The relationship between evolutionary rates and gene expression in model plant orthologs is well documented. However, little is known about the relationships between gene expression and evolutionary trends in Arachis orthologs. We identified 7,435 one-to-one orthologs, including 925 single-copy and 6,510 multiple-copy sequences in Arachis duranensis and Arachis ipaënsis. Codon usage was stronger for shorter polypeptides, which were encoded by codons with higher GC contents. Highly expressed coding sequences had higher codon usage bias, GC content, and expression breadth. Additionally, expression breadth was positively correlated with polypeptide length, but there was no correlation between gene expression and polypeptide length. Inferred selective pressure was also negatively correlated with both gene expression and expression breadth in all one-to-one orthologs, while positively but non-significantly correlated with gene expression in sequences with signatures of positive selection. Gene expression levels and expression breadth were significantly higher for single-copy genes than for multiple-copy genes.
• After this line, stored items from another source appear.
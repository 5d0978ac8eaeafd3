//! `run --seeds`: runs by many seeds of one program, which is read and compiled once, each told on a line.

ghost use Rattle.std.specs.Prelude.{◌≡◌, ◌≢◌, ◌⊎◌, ◌↔◌, [], List, None, Err, Ok, IsTrue, IfOk, IfErr, IsErrOf, OnErr, is_some, length, map, option_map, true};
ghost use Rattle.std.specs.String.{string_bytes};
ghost use Rattle.ioa_value.specs.Actions.{act_of};
ghost use Rattle.ioa_compile.specs.Subjects.{RunsAs, Subject};
ghost use Rattle.ioa_coverage.specs.Covered.{IsOriginOf};
ghost use Rattle.ioa_system.specs.Logs.{logged};
ghost use Rattle.ioa_device.specs.Devices.{PassesUnless, Writes, change};
ghost use Rattle.ioa_device.specs.declared.failure.LogErr.{LogErr};
ghost use Rattle.ioa_device.specs.Failing.{HasFailed};
ghost use Rattle.ioa_request.specs.Pasted.{texts};
ghost use Rattle.ioa_run.specs.Alone.{NoMemory, RefusesResumed};
ghost use Rattle.ioa_board.specs.declared.run_err.RunErr.{RunErr};
ghost use Rattle.ioa_serving.specs.Coverage.{told_coverage};
ghost use Rattle.ioa_serving.specs.SeedRuns.{IsBegun, IsCovered, IsNoneRun, IsSeedJudgment, IsSeedRefused, IsSeedRun, IsTallyOf, IsTold, judged_of};
ghost use Rattle.ioa_serving.specs.Worlds.{files};
ghost use Rattle.ioa_serving.specs.Seeds.{IsSeedsServed, IsSeedsUnserved, Judged, monitors_of, performed_by_all, seed_line, seed_lines, seeds_text};
ghost use Rattle.ioa_serving.specs.Serving.{reports_of};
ghost use Rattle.ioa_serving.specs.declared.failure.Failure.{Failure};

use crate::failure::Failure;
use crate::judged::{JudgedRun, judged};
use crate::kept_log::{ask_keep, keep};
use crate::ready::Ready;
use crate::seed::seeded;
use crate::seed_lines::{counts_text, seed_text};
use crate::seed_tally::Tally;
use crate::served::Served;
use crate::sown::{Sown, asked_of, load_sown};
use crate::store::Store;
use ioa_device::{LogErr, OutputDevice, send_all};
use ioa_log::Log;
use ioa_request::{Seeds, numbered_key};
use ioa_run::{Report, RunErr, Why, resume_alone};
use std::alloc::Global;

/// Runs a composition of a source, or an object, on one thread by each seed of these numbers, and writes a line for each, as text or as a JSON object, with the
/// digits of the seed, the run's end, the answer of each specification that is asked, and the first invariant that is broken, where these are asked for, and then
/// one with their counts. The file is read and checked once, and a line is written before the next run begins. Where a file is named for it, the shortest log that
/// is refused is put there, the first of equal length; no more than that log and the last run's are in memory.
///
/// Each line is that of the single run with this seed, where memory is refused to none of its workers, and its answers are those of the monitors of its log,
/// and of the source's invariants in its states.
///
/// # Errors
/// As those of the single run, before anything is written; or where specifications or invariants are asked, `SourceWanted`, and of the first specification that
/// is none `Refused` and `SpecHasInternal`, also before; or `Io` where a log is to be kept in a file in which something else stands, also before. Or `List` where the device failed,
/// which has taken no more than a beginning of the text; or want of memory, also that of a worker: the lines of the runs before it are written then. Or `Io`
/// or want of memory where the log is not put in its file: all of the text is written then. No file was changed in any of these cases.
pub fn run_seeds_file<F: Store, W: OutputDevice>(
    alloc: Global,
    seeds: &Seeds<'_>,
    store: &mut F,
    output: &mut W,
) -> Result<Served, Failure>
    ensures served { IfOk result (λ s. IsSeedsServed (files F.holds F.lacks F.begins F.bars F.saves store.old store.new) seeds.now (W.contents output.old) (W.contents output.new) (reports_of s) s.status) }
    ensures refused { IfErr result (λ e. IsSeedsUnserved (files F.holds F.lacks F.begins F.bars F.saves store.old store.new) seeds.now
        (HasFailed (W.failure_count output.old) (W.failure_count output.new)) (W.contents output.old) (W.contents output.new) e) }
    ensures kept { (is_some seeds.now.keep ≡ true → ⊥) → store.new ≡ store.old }
    ensures devices { PassesUnless (IsErrOf result (Failure.List LogErr.Io)) (change W.contents W.failure_count output.old output.new) }
{
    let sown = load_sown(alloc, seeds, store)?;
    ask_keep(alloc, seeds.keep, store)?;
    let told = tell_all(alloc, seeds, &sown, output)?;
    let types = sown.ready.program.types();
    keep(alloc, types, seeds.keep, &told.tally.shortest, store)?;
    Ok(Served {
        status: told.tally.counts.status(),
        reports: told.coverage,
    })
}

/// Runs that are told, and how often each entry was performed in them and each arm and body taken, where that is to be told.
#[derive(Drop)]
struct Told<'a> {
    tally: Tally<'a>,
    coverage: Option<String>,
}

/// Runs the program by each seed, writes a line for each, and then one with their counts.
fn tell_all<'a, W: OutputDevice>(
    alloc: Global,
    seeds: &Seeds<'_>,
    sown: &'a Sown,
    output: &mut W,
) -> Result<Told<'a>, Failure>
    requires many { length sown.now.specifications.items ≡ length seeds.now.monitors.now }
    requires declares { (x : Subject) × RunsAs sown.now.ready.program x × IsOriginOf sown.now.ready.source x }
    ensures told { IfOk result (λ t. (js : List Judged) × IsTold sown.now seeds.now (seeds_text seeds.now.json (monitors_of seeds.now) seeds.now.invariants seeds.now.first js) (W.contents output.old) (W.contents output.new) t.tally js
        × ((x : Subject) → RunsAs sown.now.ready.program x → IsOriginOf sown.now.ready.source x
        → option_map string_bytes t.coverage ≡ told_coverage x seeds.now.run.coverage (performed_by_all js))) }
    ensures refused { IfErr result (λ e. IsNoneRun sown.now seeds.now.run.turns (W.contents output.old) (W.contents output.new) e
        ⊎ IsBegun sown.now seeds.now (HasFailed (W.failure_count output.old) (W.failure_count output.new)) (W.contents output.old) (W.contents output.new) e) }
    ensures devices { PassesUnless (IsErrOf result (Failure.List LogErr.Io)) (change W.contents W.failure_count output.old output.new) }
{
    let tally = tell_runs(alloc, seeds, sown, output)?;
    let coverage = tally.coverage_text(alloc)?;
    let line = counts_text(
        alloc,
        seeds.json,
        seeds.monitors,
        seeds.invariants,
        &tally.counts,
    )?;
    send_all(output, line.as_bytes())?;
    Ok(Told { tally, coverage })
}

/// Runs the program by each seed, and writes a line for each as soon as it has ended.
fn tell_runs<'a, W: OutputDevice>(
    alloc: Global,
    seeds: &Seeds<'_>,
    sown: &'a Sown,
    output: &mut W,
) -> Result<Tally<'a>, Failure>
    requires many { length sown.now.specifications.items ≡ length seeds.now.monitors.now }
    requires declares { (x : Subject) × RunsAs sown.now.ready.program x × IsOriginOf sown.now.ready.source x }
    ensures told { IfOk result (λ t. (js : List Judged) × IsTold sown.now seeds.now (seed_lines seeds.now.json (monitors_of seeds.now) seeds.now.first js) (W.contents output.old) (W.contents output.new) t js) }
    ensures refused { IfErr result (λ e. IsNoneRun sown.now seeds.now.run.turns (W.contents output.old) (W.contents output.new) e
        ⊎ IsBegun sown.now seeds.now (HasFailed (W.failure_count output.old) (W.failure_count output.new)) (W.contents output.old) (W.contents output.new) e) }
    ensures devices { PassesUnless (IsErrOf result (Failure.List LogErr.Io)) (change W.contents W.failure_count output.old output.new) }
{
    let mut tally = tally_before(alloc, sown, seeds.run.coverage)?;
    for number in seeds.first..=seeds.last {
        let judged = judge_seed(alloc, sown, seeds.run.turns, number)?;
        tell_run(alloc, seeds.json, seeds.monitors, number, &judged, output)?;
        tally.cover(alloc, &judged)?;
        tally.add(judged);
    }
    Ok(tally)
}

/// What is kept before the first run.
fn tally_before(alloc: Global, sown: &Sown, covers: bool) -> Result<Tally<'_>, RunErr>
    ensures counted { IfOk result (λ t. IsTallyOf (length sown.now.specifications.items) t []) }
    ensures covered { IfOk result (λ t. IsCovered sown.now.ready.program sown.now.ready.source covers t.coverage []) }
    ensures memory { IfErr result (λ e. e ≡ RunErr.OutOfMemory) }
{
    let specifications = sown.specifications.len();
    let source = sown.ready.source.as_ref();
    match Tally::start(alloc, specifications, &sown.ready.program, source, covers) {
        Ok(tally) => Ok(tally),
        Err(_) => Err(RunErr::OutOfMemory),
    }
}

/// Runs the program on one thread by the seed of this number, and asks the specifications and the invariants. Where memory is refused to a worker, there is no end to tell.
fn judge_seed(alloc: Global, sown: &Sown, turns: u64, number: u64) -> Result<JudgedRun, RunErr>
    ensures judged { IfOk result (λ j. IsSeedJudgment sown.now turns number (judged_of j)) }
    ensures refused { IfErr result (λ e. IsSeedRefused sown.now turns e) }
{
    let log = run_seed(alloc, &sown.ready, turns, number)?;
    let judged = judged(alloc, &sown.specifications, asked_of(sown), log)?;
    Ok(judged)
}

/// Runs the program on one thread by the seed of this number.
fn run_seed(alloc: Global, ready: &Ready, turns: u64, number: u64) -> Result<Log, RunErr>
    ensures ended { IfOk result (λ log. IsSeedRun ready.now.program (logged ready.now.log) (map act_of ready.now.script.items) turns number (logged log)) }
    ensures refused { IfErr result (λ e. (e ≡ RunErr.OutOfMemory)
        ⊎ ((e ≢ RunErr.Threads) × RefusesResumed ready.now.program (map act_of ready.now.script.items) turns (logged ready.now.log) (Err e))) }
{
    let program = &ready.program;
    let key = numbered_key(number);
    let Ok(words) = seeded(alloc, key, program.members().len()) else {
        return Err(RunErr::OutOfMemory);
    };
    let mut tallies = Vec::new(alloc);
    let outcome = resume_alone(
        alloc,
        program,
        &ready.log,
        turns,
        words,
        ready.script.as_slice(),
        &mut tallies,
    )?;
    if has_memory(outcome.reports.as_slice()) {
        Ok(Log {
            entries: outcome.log,
            end: outcome.end,
        })
    } else {
        Err(RunErr::OutOfMemory)
    }
}

/// Whether memory was refused to none of the workers.
fn has_memory(reports: &[Report]) -> bool
    ensures { IsTrue result ↔ NoMemory reports.now }
{
    reports.iter().all(|report| report.why != Why::Memory)
}

/// Writes the line of the run by the seed of this number.
fn tell_run<W: OutputDevice>(
    alloc: Global,
    json: bool,
    names: &[&str],
    number: u64,
    judged: &JudgedRun,
    output: &mut W,
) -> Result<(), LogErr>
    requires { length judged.now.answers.items ≡ length names.now }
    ensures { Writes result (seed_line json (texts names.now) number (judged_of judged.now)) (change W.contents W.failure_count output.old output.new) }
{
    let line = seed_text(alloc, json, names, number, judged)?;
    send_all(output, line.as_bytes())
}
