//! The gate of runs on threads, which holds a worker for a while where others of its group are too far behind.

use crate::pace::Pace;
use crate::progress::Progress;
use ioa_run::{Gate, Point};
use std::alloc::{AllocError, Global};
use std::sync::{Condvar, Mutex, Wait};
use std::time::{Clock, Duration};

/// How many milliseconds a worker waits at most as it begins a turn.
const PATIENCE: u64 = 10;

/// A gate that keeps those workers of a run together that can influence each other: as a worker begins a turn, it waits for those of its group
/// that are too far behind.
#[derive(Drop)]
pub struct Pacer<'a, R> {
    rt: &'a R,
    pace: Mutex<Pace>,
    /// For each group, by its number, what those of it wait on: so none is woken for the sake of another group.
    moved: Vec<Condvar>,
}

impl<'a, R> Pacer<'a, R> {
    /// A gate for a worker of each of these groups, which are numbers of workers.
    pub fn new(rt: &'a R, alloc: Global, groups: &[usize]) -> Result<Pacer<'a, R>, AllocError> {
        let pace = Pace::new(alloc, groups)?;
        let mut moved = Vec::new(alloc);
        for _ in 0..groups.len() {
            moved.push(Condvar::new())?;
        }
        Ok(Pacer {
            rt,
            pace: Mutex::new(pace),
            moved,
        })
    }

    /// Wakes those that wait for the worker, which has come so far: those of its group and, where it has come to its first turn, all.
    fn wake(&self, worker: Progress) {
        for group in 0..self.moved.len() {
            if group == worker.group || worker.begun == 1 {
                self.moved[group].notify_all();
            }
        }
    }
}

impl<R: Wait + Clock> Pacer<'_, R> {
    /// Waits until the worker, which has come so far, need not wait for another, or has waited in vain.
    fn wait(&self, worker: Progress) {
        let Some(moved) = self.moved.get(worker.group) else {
            return;
        };
        let (mut pace, waited) = moved.wait_timeout_while(
            self.rt,
            self.pace.lock(self.rt),
            Duration::from_millis(PATIENCE),
            |pace| pace.is_held(worker),
        );
        if waited.timed_out() {
            pace.give_up(worker);
            self.wake(worker);
        }
    }
}

impl<R: Wait + Clock> Gate for Pacer<'_, R> {
    fn reach(&self, who: usize, at: Point) {
        if at != Point::Turn {
            return;
        }
        let arrival = self.pace.lock(self.rt).begin(who);
        if arrival.lets_go {
            self.wake(arrival.worker);
        }
        if arrival.is_held {
            self.wait(arrival.worker);
        }
    }
}
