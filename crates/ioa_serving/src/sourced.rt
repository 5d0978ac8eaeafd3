//! Programs with the sources that declare them, by which more is told of runs than the programs alone tell.

ghost use Rattle.std.specs.Prelude.{◌≡◌, ◌⊎◌, Some, IfOk, IfErr, false};
ghost use Rattle.std.specs.Option.{option_copied};
ghost use Rattle.ioa_lex.specs.declared.refusal.Refusal.TheVariants as refusals;
ghost use Rattle.ioa_tree.specs.Compositions.{picked};
ghost use Rattle.ioa_tree.specs.Hosts.{Hosted, IsHosted};
ghost use Rattle.ioa_tree.specs.Tree.{CompositionTree};
ghost use Rattle.ioa_tree.specs.View.{tree_of};
ghost use Rattle.ioa_compose.specs.Held.{composed_of};
ghost use Rattle.ioa_compose.specs.Simulates.{Simulates};
ghost use Rattle.ioa_compile.specs.Subjects.{Runs, RunsAs, Subject, of_hosts};
ghost use Rattle.ioa_coverage.specs.Covered.{IsOriginOf};
ghost use Rattle.ioa_serving.specs.Failing.{IsRefusedGiven, IsRefusedNamed};
ghost use Rattle.ioa_serving.specs.Headline.{IsFileOf, begins_object};

use crate::compile::{is_object, program_in};
use crate::failure::Failure;
use crate::specifications::checked_source;
use ioa_check::Checked;
use ioa_compile::{Program, compile};
use ioa_compose::{Composition, compose};
use ioa_coverage::Origin;
use ioa_syntax::Refusal;
use std::alloc::Global;

/// A program and, where a source declares it, that source.
#[derive(Drop)]
pub struct Sourced {
    pub program: Program,
    /// Of an object there is none.
    pub source: Option<Origin>,
}

/// The program that a file gives, as `program_of` gives it, with its source. A source is parsed, checked, composed and compiled once.
///
/// # Errors
/// As those of `program_of`.
pub(crate) fn sourced_of(
    alloc: Global,
    bytes: &[u8],
    composition: Option<&str>,
) -> Result<Sourced, Failure>
    ensures gives { IfOk result (λ p. (s : Subject) × IsFileOf bytes.now (option_copied composition.entry) s × RunsAs p.program s × IsOriginOf p.source s) }
    ensures refused { IfErr result (λ e. IsRefusedGiven bytes.now (option_copied composition.entry) e) }
{
    if is_object(bytes) {
        let program = program_in(alloc, bytes, composition)?;
        return Ok(Sourced {
            program,
            source: None,
        });
    }
    sourced_in(alloc, bytes, composition)
}

/// The same of a source.
fn sourced_in(alloc: Global, text: &[u8], composition: Option<&str>) -> Result<Sourced, Failure>
    requires { begins_object text.now ≡ false }
    ensures gives { IfOk result (λ p. (s : Subject) × IsFileOf text.now (option_copied composition.entry) s × RunsAs p.program s × IsOriginOf p.source s) }
    ensures refused { IfErr result (λ e. IsRefusedGiven text.now (option_copied composition.entry) e) }
{
    let checked = checked_source(alloc, text)?;
    let compiled = compiled_in(alloc, &checked, composition)?;
    Ok(with_source(checked, compiled))
}

/// A composition, and its program.
#[derive(Drop)]
pub(crate) struct Compiled {
    pub program: Program,
    pub composition: Composition,
}

/// A composition of a checked source, and its program: the one of this name or, without one, the last.
pub(crate) fn compiled_in(
    alloc: Global,
    checked: &Checked,
    composition: Option<&str>,
) -> Result<Compiled, Refusal>
    ensures runs { IfOk result (λ p. (t : CompositionTree) × (h : Hosted) × (picked (tree_of checked.now) (option_copied composition.entry) ≡ Some t)
        × IsHosted (tree_of checked.now) t h × Runs p.program h × Simulates h (composed_of p.composition)) }
    ensures refused { IfErr result (λ r. (r ≡ refusals.OutOfMemory) ⊎ IsRefusedNamed (tree_of checked.now) (option_copied composition.entry) r) }
{
    let composition = compose(alloc, checked, composition)?;
    let program = compile(alloc, &composition)?;
    Ok(Compiled {
        program,
        composition,
    })
}

/// The program with its source.
pub(crate) fn with_source(checked: Checked, compiled: Compiled) -> Sourced
    ensures program { result.program ≡ compiled.program }
    ensures source { (t : CompositionTree) (h : Hosted) → IsHosted (tree_of checked) t h → Simulates h (composed_of compiled.composition) → IsOriginOf result.source (of_hosts h) }
{
    let Compiled {
        program,
        composition,
    } = compiled;
    Sourced {
        program,
        source: Some(Origin {
            checked,
            composition,
        }),
    }
}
Similarly, the gene expression and expression breadth in sequences with signatures of purifying selection were higher than those of sequences with positive selective signatures. These results indicated that gene expression differed between single-copy and multiple-copy genes as well as sequences with signatures of positive and purifying selection.

Highlights

  • The relationship between evolutionary rates and gene expression in model plant orthologs is well documented

  • We identified orthologs from A. duranensis and A. ipaënsis, and used codon usage bias, polypeptide length, GC content, substitution rate, expression breadth, and gene expression level as explanatory variables to evaluate patterns among orthologs in A. duranensis and A. ipaënsis

  • A total of 7,435 one-to-one ortholog pairs were used in this study after the filtering criteria were applied to the A. duranensis and A. ipaënsis genomes (Table S1)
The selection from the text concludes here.